Every line of the data below that holds the string "take" needs to be reported.

Stored data entries
***

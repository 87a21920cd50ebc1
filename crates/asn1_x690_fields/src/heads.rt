//! Octets.

ghost use Rattle.std.specs.Prelude.{◌≡◌, ◌≤◌, ◌<◌, ◌^◌, ◌*◌, ◌+◌, length, take, drop, IfSome};
ghost use Rattle.asn1_bits.specs.Bits.{bits};
ghost use Rattle.asn1_schema.specs.Encodings.{number};
ghost use Rattle.asn1_schema.specs.Fields.{raw_bits};
ghost use Rattle.asn1_x690.specs.declared.fault.FaultKind.TheVariants.{Short};
ghost use Rattle.asn1_x690_fields.specs.Outcomes.{IsWithin, IsOnward, IsRead};

use crate::state::{State, fail};
use asn1_bits::read_bits;
use asn1_x690::FaultKind;

/// Reads an octet.
#[inline(always)]
pub fn next_octet(octets: &[u8], node: usize, state: &mut State) -> Option<u32>
    requires size { 8 * length octets.now < 2 ^ 64 }
    requires within { IsWithin (bits octets.now) state.old }
    ensures onward { IsOnward (bits octets.now) state.old state.new }
    ensures at { IfSome result (λ n. state.new.at ≡ state.old.at + 8) }
    ensures below { IfSome result (λ n. n < 256) }
    ensures read { IsRead (number 8 Short node) (λ n. n) (bits octets.now) state.old state.new result }
{
    if 8 > state.end - state.at {
        fail(state, node, FaultKind::Short);
        return None;
    }
    let at = state.at;
    state.at = at + 8;
    Some(read_bits(octets, at, 8))
}

/// Reads `count` octets, and returns the index of their first bit.
#[inline(always)]
pub fn next_octets(octets: &[u8], count: usize, node: usize, state: &mut State) -> Option<usize>
    requires size { 8 * length octets.now < 2 ^ 64 }
    requires within { IsWithin (bits octets.now) state.old }
    ensures onward { IsOnward (bits octets.now) state.old state.new }
    ensures at { IfSome result (λ at. (at ≡ state.old.at) × (state.new.at ≡ at + 8 * count)) }
    ensures read { IsRead (raw_bits (8 * count) Short node) (λ at. take (8 * count) (drop at (bits octets.now))) (bits octets.now)
        state.old state.new result }
{
    if count > (state.end - state.at) / 8 {
        fail(state, node, FaultKind::Short);
        return None;
    }
    let at = state.at;
    state.at = at + 8 * count;
    Some(at)
}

***

* **Exercise answer**
ghost use Rattle.std.specs.Prelude.{◌≡◌, ◌≤◌, ◌<◌, ◌^◌, ◌*◌, ◌+◌, length, take, drop, IfSome};
    ensures read { IsRead (raw_bits (8 * count) Short node) (λ at. take (8 * count) (drop at (bits octets.now))) (bits octets.now)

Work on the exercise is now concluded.